MANAGEMENT OF GENETIC RESOURCES FOR VITIS, PRUNUS, JUGLANS, FICUS, OLEA, PISTACIA, PUNICA, DIOSPYROS, ACTINIDIA, AND MORUS
Location: National Clonal Germplasm Rep - Tree Fruit & Nut Crops & Grapes
Title: Micropropagation in stationay liquid media
Submitted to: Propagation of Ornamental Plants
Publication Type: Peer Reviewed Journal
Publication Acceptance Date: November 25, 2010
Publication Date: January 11, 2011
Citation: Preece, J.E. 2011. Micropropagation in stationay liquid media. Propagation of Ornamental Plants. 10(4):183-187.
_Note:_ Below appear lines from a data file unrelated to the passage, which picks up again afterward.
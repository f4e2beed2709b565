ghost use Rattle.std.specs.Prelude.{◌≡◌, ◌∷◌, [], ◌++◌, MatchBool};

use core_lock::Logged;

/// What was written, and under which number.
#[derive(Clone, Copy, Drop)]
pub struct Line {
    pub by: u32,
    pub word: u32,
}

/// Lines in the order in which they were written, under a title that stays.
#[derive(Drop)]
pub struct Log {
    pub title: u32,
    pub lines: Vec<Line>,
}

impl Logged for Log {
    ghost use Rattle.parts.specs.Lines.{all_lines, writer, title};

    type Entry = Line;

    type Basis = u32;

    ghost entries = { all_lines };

    ghost maker = { writer };

    ghost basis = { title };

    fn length(&self) -> u64 {
        self.lines.len() as u64
    }
}

impl Log {
    /// Writes a line, unless there is no memory for it.
    pub fn write(&mut self, line: Line) -> bool
        ensures title { self.new.title ≡ self.old.title }
        ensures lines { MatchBool result (self.new.lines.items ≡ self.old.lines.items ++ line ∷ []) (self.new.lines.items ≡ self.old.lines.items) }
    {
        self.lines.push(line).is_ok()
    }
}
Interpretive Summary: Clonal micropropagation typically employs shoot tip or nodal explants from which axillary shoots are induced to elongate. Alternately, one shoot grows and is subdivided into nodal segments, from which axillary shoots elongate to be further subdivided or rooted. To avoid somaclonal variation, adventitious shoot organogenesis and somatic embryogenesis are avoided and the focus is on production of axillary shoots and/or nodes.
Shoot explants and proliferating and elongating shoots are cultured in vitro in a wide variety of vessels containing defined media that are usually gelled with agar and or gelcarin. Gelling of media is a method of providing support for the plant tissue so that it does not sink to the bottom of the vessel where conditions may be anaerobic leading to stress, poor growth, and death.
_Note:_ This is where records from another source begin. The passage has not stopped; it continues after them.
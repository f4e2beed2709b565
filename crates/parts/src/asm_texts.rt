//! Texts of the assembler.

ghost use Rattle.ta_isa.specs.Spelling.{IsValid};

use crate::bytes_of;
use anyhow::{Result, bail};
use std::alloc::Global;
use ta_asm::{AsmFault, assemble, disassemble};
use ta_isa::{Image, encode_image};

/// The bytes that a text may have here.
const MOST_BYTES: usize = 1 << 25;

/// Whether a text is the canonical one of its image.
fn is_canonical(alloc: Global, text: &[u8], image: &Image) -> Result<bool>
    requires { IsValid image.now }
{
    let again = disassemble(alloc, image)?;
    Ok(again.as_slice() == text)
}

/// The bytes of an image, in hexadecimal.
fn digits_of(alloc: Global, image: &Image) -> Result<String>
    requires { IsValid image.now }
{
    let bytes = encode_image(alloc, image)?;
    Ok(hex::encode(alloc, bytes.as_slice())?)
}

/// The line that tells what a text of this image is.
fn image_line(alloc: Global, text: &[u8], image: &Image) -> Result<String>
    requires { IsValid image.now }
{
    let form = if is_canonical(alloc, text, image)? {
        "canonical"
    } else {
        "other"
    };
    let digits = digits_of(alloc, image)?;
    Ok(format!(in alloc; "{form} {digits}")?)
}

/// The line that tells of a fault.
fn fault_line(alloc: Global, fault: AsmFault) -> Result<String> {
    match fault {
        AsmFault::Memory => bail!("out of memory"),
        _ => Ok(format!(in alloc; "{fault}")?),
    }
}

/// Whether a text is canonical, and its image in hexadecimal digits, or its first fault.
pub(crate) fn told(alloc: Global, text: &[u8]) -> Result<String> {
    if text.len() > MOST_BYTES {
        bail!("the text is too long");
    }
    match assemble(alloc, text) {
        Ok(image) => image_line(alloc, text, &image),
        Err(fault) => fault_line(alloc, fault),
    }
}

/// The same of the text of these hexadecimal digits.
pub(crate) fn bytes_told(alloc: Global, digits: &str) -> Result<String> {
    told(alloc, bytes_of(alloc, digits)?.as_slice())
}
The focus of this paper is the elimination of gelling agents and strategies for use of stationary liquid media without a filter paper or other support. On species where successful, time, labor, and money spent on gelling agents and solubilizing them by use of heat is eliminated (Savangikar et al. 2005). Dispensing media into vessels is safer and more comfortable to micropropagation laboratory workers because the liquid medium is not scalding hot because it is not heated. Additionally, media can be changed easily and quickly and cleaning of culture vessels is facilitated compared to when a gelling agent is used.
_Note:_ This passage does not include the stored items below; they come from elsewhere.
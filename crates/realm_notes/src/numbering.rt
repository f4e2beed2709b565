//! The numbers of a realm's calls.
ghost use Rattle.std.specs.Prelude.{◌≡◌, ◌+◌, ◌^◌, ◌<◌, [], Some};
ghost use Rattle.base.specs.NumberMap.{get};
ghost use Rattle.realm_notes.specs.Numbers.{AreNumbers, number_at, without_slot};
ghost use Rattle.own_model.specs.Own as own;

/// The most slots that a core may have.
const MOST_SLOTS: usize = 16;

/// The numbers of a realm's calls, by the slots that they are in.
#[derive(Drop)]
pub(crate) struct Numbering {
    /// How many have come in: the number of the next one.
    pub(crate) entered: u32,
    /// Those of the calls that are in slots.
    pub(crate) in_slots: [Option<u32>; MOST_SLOTS],
    /// Those of the calls that are woken, by the slots of the calls that wake them.
    pub(crate) wakes: [Option<u32>; MOST_SLOTS],
}

/// The number at a slot, if there is one.
fn number_at(numbers: &[Option<u32>], slot: u32) -> Option<u32>
    ensures { result ≡ number_at numbers.now slot }
{
    match numbers.get(slot as usize) {
        Some(number) => *number,
        None => None,
    }
}

impl Numbering {
    /// No call has come in.
    pub(crate) fn new() -> Numbering
        ensures { AreNumbers result (record { entered = 0; in_slots = []; wakes = [] }) }
    {
        Numbering {
            entered: 0,
            in_slots: [None; MOST_SLOTS],
            wakes: [None; MOST_SLOTS],
        }
    }

    /// The number of the call in this slot, if it is one of the realm.
    pub(crate) fn in_slot(&self, slot: u32) -> Option<u32>
        ensures { (numbers : own.Numbering) → AreNumbers self.now numbers → result ≡ get numbers.in_slots slot }
    {
        number_at(&self.in_slots, slot)
    }

    /// The number of the call that the call in this slot wakes, if that was fixed.
    fn fixed_wake(&self, slot: u32) -> Option<u32>
        ensures { (numbers : own.Numbering) → AreNumbers self.now numbers → result ≡ get numbers.wakes slot }
    {
        number_at(&self.wakes, slot)
    }

    /// The number of the call that the call in this slot wakes, where it wakes that of the other slot: the one that was kept, or
    /// else that of the call in the other slot now.
    pub(crate) fn wake_kept(&self, slot: u8, wake: Option<u32>) -> Option<u32>
        ensures { (numbers : own.Numbering) → AreNumbers self.now numbers → result ≡ own.wake_kept numbers slot wake }
    {
        let woken = wake?;
        match self.fixed_wake(u32::from(slot)) {
            Some(number) => Some(number),
            None => self.in_slot(woken),
        }
    }

    /// A call comes into a slot, and gets the next number.
    pub(crate) fn next_in(&mut self, slot: u8)
        requires slot { slot < 16 }
        requires few { self.old.entered + 1 < 2 ^ 32 }
        ensures { (numbers : own.Numbering) → AreNumbers self.old numbers
            → AreNumbers self.new (own.next_in numbers slot) }
    {
        let number = self.entered;
        self.entered = number + 1;
        self.in_slots[usize::from(slot)] = Some(number);
    }

    /// Whom the call of the slot wakes is kept.
    pub(crate) fn with_wake(&mut self, slot: u8, woken: Option<u32>)
        requires { slot < 16 }
        ensures { (numbers : own.Numbering) → AreNumbers self.old numbers
            → AreNumbers self.new (own.with_wake numbers slot woken) }
    {
        if woken.is_some() {
            self.wakes[usize::from(slot)] = woken;
        }
    }

    /// The slot holds no call of the realm any more.
    pub(crate) fn forget(&mut self, slot: u8)
        requires { slot < 16 }
        ensures { (numbers : own.Numbering) → AreNumbers self.old numbers
            → AreNumbers self.new (without_slot numbers slot) }
    {
        self.in_slots[usize::from(slot)] = None;
        self.wakes[usize::from(slot)] = None;
    }
}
In vitro growth can also be improved substantially if gelling agents, especially agar, are omitted from the medium. In some cases, labor in the transfer hood can be much more efficient if stationary liquid overlays are used on agar rather than traditional transfers to fresh medium.
Micropropagation of many species is reduced as agar concentration increases. Eliminating agar or other gelling agent completely can improve microshoot proliferation and growth. If established shoot cultures are placed in vitro into shallow layers of liquid media, most of the shoot masses will remain above the media where there is sufficient aeration. Not all species will grow normally on stationary liquid media and water soaking or hyperhydricity will result. Hyperhydricity can be overcome by use of temporary immersion bioreactors or by using agar solidified media. If agar is used, rather than transfer to new medium at approximately monthly intervals, liquid medium can be added as a thin layer to the top of the agar and good growth will result. For most species, it is not necessary to provide any additional support such as rafts, filter paper, sponges, glass wool, etc. if the shoot masses are sufficiently large when transferred to stationary liquid medium. Therefore, cultures can be established using a gelled media and once they have grown, they can be transferred into stationary liquid media, which will improve micropropagation efficiency.